Ab der Zeit Descartes wurde der Mensch immer mehr aus der „alten“ Ordnung heraus und in zunehmende Isolation getrieben. Der Mensch erlebte sich nicht mehr als ein ordnungsgebundenes Geschöpf, sondern musste zunehmend erleben, gemäß den sich turbulent entfaltenden „Strickmustern“ wissenschaftlicher Entdeckungen und Notwendigkeiten immer wieder verändert zu werden. Substanz, verstanden als primäre Ebene der Erscheinung wird als solche entwertet und damit aufgerissen für dauernde Umbewertung nach Gusto der Eliten.

An die Stelle der Gebote Gottes traten nach je geltendem Narrativ staatlich verordnete Regelungen.

Der Mensch verlor die Würde des eigenen Schicksals. Stattdessen wurde er Erscheinung der Regeln und Interessen der wechselnden Eliten: die Programme des Transhumanismus erscheinen so folgerichtig.

Der Mensch mit einem Dasein wurde zu einer Verfügungsmasse, zu Menschenmaterial.

Und war das vor dem Hintergrund der kulturell verankerten Mangelhaftigkeit nicht eigentlich nur konsequent, womöglich sogar besser?

 

Der Mensch verlor seinen immanenten Wert und wurde zum stets bedürftigen und nie genügendem Empfänger beigemessener Werte, von Werten die naturgemäß genauso leicht reduziert werden können, wie durch Lob und Brauchbarkeitsnachweis erhöht werden konnte.

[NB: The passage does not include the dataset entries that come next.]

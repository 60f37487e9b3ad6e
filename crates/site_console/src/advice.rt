// What is said for people, on standard error: what was wrong, where, and what to do.
use crate::bad_input::{say_bad_packet, say_no_packet, say_no_record};
use crate::config_place::{config_again, is_data, plp_line, text_of};
use crate::group::say_common;
use crate::help::{COMMANDS, may_mean, meant_by, why_no_command};
use crate::named_file::{file_of, out_of};
use crate::pids::say_pids;
use config_text::{TextFault, TextWhy};
use desk_watch::{Shown, Told};
use plp_config::{CapacityFault, Config, ConfigFault, MOST_FRAMES, PlpType, SUPERFRAME_PERIOD};
use ports::HostFault;
use site_top::{ConfigCause, Outcome, Request, Word, request_of};
use std::fmt::{self, Display, Formatter, Write};
use std::fs::Files;
use std::io::{self, Eprint};

// Says which words are commands: those of the command that was meant, or all.
fn say_commands(
    rt: &impl Eprint,
    program: &str,
    words: &[Word],
    meant: Option<&str>,
) -> io::Result<()> {
    eprintln!(rt; "usage:")?;
    for command in &COMMANDS {
        if meant.map_or(true, |name| may_mean(command, name, words)) {
            eprintln!(rt; "  {program} {}\n      {}", command.words, command.what)?;
        }
    }
    Ok(())
}

// The first word that is written as an option.
fn option_in(words: &[Word]) -> Option<&str> {
    for word in words {
        if word.as_str().starts_with("--") {
            return Some(word.as_str());
        }
    }
    None
}

// Says why words are refused.
fn say_refused(rt: &impl Eprint, words: &[Word]) -> io::Result<()> {
    if let Some(place) = words.iter().position(|word| word.as_str().is_empty()) {
        return eprintln!(rt;
            "word {} is empty or not UTF-8: the file wants another name",
            place.saturating_add(1)
        );
    }
    match option_in(words) {
        Some(option) if option == "--help" => eprintln!(rt;
            "--help asks for a command, and these words name none"
        ),
        Some(option) => eprintln!(rt;
            "{}: there are no options but --help and --version",
            Shown(option)
        ),
        None => eprintln!(rt; "{}", why_no_command(words)),
    }
}

fn say_usage(rt: &impl Eprint, program: &str, words: &[Word]) -> io::Result<()> {
    let meant = meant_by(words);
    say_refused(rt, words)?;
    say_commands(rt, program, words, meant)?;
    match meant {
        Some(_) => eprintln!(rt; "all commands: {program} --help"),
        None => Ok(()),
    }
}

// Says which PLP of a configuration is refused, and where its line is.
fn say_plp(
    rt: &(impl Eprint + Files + AllocGlobal),
    name: &str,
    plp: Option<u8>,
) -> io::Result<()> {
    let Some(place) = plp else {
        return Ok(());
    };
    let text = text_of(rt, name)?;
    match plp_line(&text, place) {
        Some((line, id)) => eprintln!(rt; "{}: PLP {id} is on line {line}", Shown(name)),
        None => Ok(()),
    }
}

// Says why a text is none of a configuration, and first whether it is no text at all.
fn say_text(
    rt: &(impl Eprint + Files + AllocGlobal),
    name: &str,
    line: u32,
    why: TextWhy,
) -> io::Result<()> {
    let file = Shown(name);
    if text_of(rt, name).map_or(false, |front| is_data(&front)) {
        return eprintln!(rt;
            "{file}: this is a transport stream or other data, and no text; name the text of a configuration"
        );
    }
    match why {
        TextWhy::TooLong => eprintln!(rt; "{file}: {why}; shorten it"),
        TextWhy::EndsEarly => eprintln!(rt; "{file}: {why}; add the lines that are missing"),
        why => eprintln!(rt;
            "{file}: {}; correct that line",
            TextFault::Refused { line, why }
        ),
    }
}

fn say_cause(
    rt: &(impl Eprint + Files + AllocGlobal),
    name: &str,
    cause: ConfigCause,
) -> io::Result<()> {
    match cause {
        ConfigCause::Text { line, why } => say_text(rt, name, line, why),
        ConfigCause::Rule { rule, plp } => {
            eprintln!(rt;
                "{}: {}; correct the configuration",
                Shown(name),
                ConfigFault { rule, plp }
            )?;
            say_plp(rt, name, plp)
        }
    }
}

// Says what failed first, as the system tells it.
fn say_fault(
    rt: &impl Eprint,
    request: Option<Request<'_>>,
    fault: Option<&HostFault>,
) -> io::Result<()> {
    match (fault, out_of(request)) {
        (Some(HostFault::IsRead { .. }), Some(out)) => eprint!(rt; "{}: ", Shown(out))?,
        _ => {}
    }
    match fault {
        Some(fault) => eprintln!(rt; "{}", Told(fault)),
        None => Ok(()),
    }
}

// Says that frame 2^31 comes.
fn say_too_many_frames(
    rt: &impl Eprint,
    request: Option<Request<'_>>,
    file: Shown<'_>,
) -> io::Result<()> {
    match request {
        Some(Request::Modulate { .. }) => eprintln!(rt;
            "{file}: frame {MOST_FRAMES} of CONFIG comes in it; the records before it were written; what is behind it wants a CONFIG that starts later"
        ),
        Some(Request::Merge { .. } | Request::Swap { .. }) => eprintln!(rt;
            "{file}: frame {MOST_FRAMES} of CONFIG comes in it; the frames before it were written; what is behind it wants a CONFIG that starts later"
        ),
        Some(Request::Compare { .. }) => eprintln!(rt;
            "{file}: frame {MOST_FRAMES} of CONFIG comes in it; what was known of the frames before it was said; what is behind it wants a CONFIG that starts later"
        ),
        _ => eprintln!(rt;
            "the inputs go on for more than {MOST_FRAMES} frames; what was written stays, give the rest to another run"
        ),
    }
}

// Says that no superframe is found.
fn say_no_superframe(
    rt: &impl Eprint,
    request: Option<Request<'_>>,
    file: Shown<'_>,
) -> io::Result<()> {
    match request {
        Some(Request::Merge { a, b, .. } | Request::Compare { a, b, .. }) => eprintln!(rt;
            "{} and {}: no superframe begins in either with a frame that passes the tests; see that both are T2-MI streams of the network of CONFIG, on its PID",
            Shown(a),
            Shown(b)
        ),
        Some(Request::Mend { .. }) => eprintln!(rt;
            "no frame is whole in all INs together; see that each is a T2-MI stream of the network of CONFIG, on its PID"
        ),
        _ => eprintln!(rt;
            "{file}: no superframe begins in it with a frame that passes the tests; see that it is the T2-MI stream of the network of CONFIG, on its PID"
        ),
    }
}

// Says which frame differs.
fn say_differs(rt: &impl Eprint, request: Option<Request<'_>>, frame: u64) -> io::Result<()> {
    match request {
        Some(Request::Compare { a, b, .. }) => eprintln!(rt;
            "{} and {}: both send frame {frame}, and not the same, first of the frames that differ; transmitters fed with them jam each other there; see that one gateway made both, by one CONFIG, and that neither lost {SUPERFRAME_PERIOD} superframes in a row or more: frames behind such a loss stand at wrong moments",
            Shown(a),
            Shown(b)
        ),
        _ => Ok(()),
    }
}

// The identifiers of the PLPs of a configuration, or of those that are not common.
#[derive(Clone, Copy)]
struct Identifiers<'a> {
    config: &'a Config,
    with_common: bool,
}

impl Display for Identifiers<'_> {
    fn fmt<W: Write>(&self, f: &mut Formatter<W>) -> fmt::Result {
        let mut before = "";
        for place in 0..self.config.plps.len() {
            if let Some(plp) = self.config.plps.get(place)
                && (self.with_common || plp.plp_type != PlpType::Common)
            {
                write!(f, "{before}{}", plp.id)?;
                before = ", ";
            }
        }
        Ok(())
    }
}

// Says that no PLP has an identifier, and which ones there are.
fn say_unknown_plp(
    rt: &(impl Eprint + Files + AllocGlobal),
    request: Option<Request<'_>>,
    name: &str,
    plp_id: u8,
) -> io::Result<()> {
    let file = Shown(name);
    let with_common = !matches!(request, Some(Request::CommonReceive { .. }));
    let which = if with_common {
        "PLP"
    } else {
        "PLP that is not common"
    };
    eprintln!(rt;
        "{file}: no {which} has the identifier {plp_id}; it is the first number behind the word plp"
    )?;
    match config_again(rt, name) {
        Some(config) => eprintln!(rt;
            "{file}: the identifiers are {}",
            Identifiers {
                config: &config,
                with_common,
            }
        ),
        None => Ok(()),
    }
}

// Says that there is not one input for each PLP that has one.
fn say_wrong_inputs(
    rt: &impl Eprint,
    request: Option<Request<'_>>,
    file: Shown<'_>,
    plps: usize,
    inputs: usize,
) -> io::Result<()> {
    match request {
        Some(Request::CommonGateway { .. }) => eprintln!(rt;
            "{file} wants one IN for each PLP that is not common, in its order: {plps}, and {inputs} were given"
        ),
        _ => eprintln!(rt;
            "{file} wants one IN for each PLP, in its order: {plps}, and {inputs} were given"
        ),
    }
}

// Says which test of the capacity a configuration fails, and for which PLP.
fn say_capacity(
    rt: &(impl Eprint + Files + AllocGlobal),
    name: &str,
    outcome: Outcome,
) -> io::Result<()> {
    let Outcome::CapacityRefused {
        test,
        plp,
        need,
        have,
    } = outcome
    else {
        return Ok(());
    };
    let fault = CapacityFault {
        test,
        plp,
        need,
        have,
    };
    eprintln!(rt; "{}: {fault}; correct the configuration", Shown(name))?;
    say_plp(rt, name, plp)
}

// Says it, as far as standard error takes it: nobody is left to tell of a failure there.
fn say(
    rt: &(impl Eprint + Files + AllocGlobal),
    program: &str,
    words: &[Word],
    outcome: Outcome,
    fault: Option<&HostFault>,
    none_came: bool,
) -> io::Result<()> {
    let request = request_of(words);
    let name = file_of(request, outcome);
    let file = Shown(name);
    match outcome {
        Outcome::Done => match request {
            Some(Request::ShowT2mi { file }) => say_pids(rt, file, none_came),
            Some(Request::Receive { config, plp_id, .. }) => say_common(rt, config, plp_id),
            _ => Ok(()),
        },
        Outcome::Usage => say_usage(rt, program, words),
        Outcome::WrongInputs { plps, inputs } => say_wrong_inputs(rt, request, file, plps, inputs),
        Outcome::ConfigRefused { cause } => say_cause(rt, name, cause),
        Outcome::CapacityRefused { .. } => say_capacity(rt, name, outcome),
        Outcome::InputRefused { packet, .. } => say_bad_packet(rt, name, packet),
        Outcome::NoSuperframe => say_no_superframe(rt, request, file),
        Outcome::TooLong { count: MOST_FRAMES } => say_too_many_frames(rt, request, file),
        Outcome::TooLong { count } => eprintln!(rt;
            "{file}: it gave {count} bytes, which is more than a file may have; split it"
        ),
        Outcome::PacketRefused { .. } => say_no_packet(rt, name, outcome),
        Outcome::UnknownPlp { plp_id } => say_unknown_plp(rt, request, name, plp_id),
        Outcome::Differs { frame } => say_differs(rt, request, frame),
        Outcome::RecordRefused { number, why } => say_no_record(rt, request, name, number, why),
        Outcome::ReadFault | Outcome::WriteFault => say_fault(rt, request, fault),
        Outcome::OutOfMemory => eprintln!(rt; "out of memory; the command did not come to its end"),
        Outcome::TrialFault => eprintln!(rt;
            "a run inside the trial ended otherwise than it must; tell the maintainers the words of the command"
        ),
    }
}

/// Says for people, who know the program by this name, why a run over words is not done, and what failed first, if
/// something did; of a run of `show t2mi` that is done, on which PID it looked, and whether no packet came there: it
/// said the line of their number alone.
pub fn advise(
    rt: &(impl Eprint + Files + AllocGlobal),
    program: &str,
    words: &[Word],
    outcome: Outcome,
    fault: Option<&HostFault>,
    none_came: bool,
) {
    let _ = say(rt, program, words, outcome, fault, none_came);
}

Der Mensch ohne Wert ist auch ohne Würde, ohne Verantwortung für seine Antwort auf die Frage nach sich selbst. Diese Selbst existiert nicht mehr und deshalb eröffnet sich der Weg für die kranken Angebote des Transhumanismus. Ein Mensch mit dem Wissen um die Sphäre seiner selbst würde niemals auf die Änderungsangebote eingehen, denn er weiß ja, dass Wert und Würde seiner Existenz genau darin liegen, zu sein wer er ist.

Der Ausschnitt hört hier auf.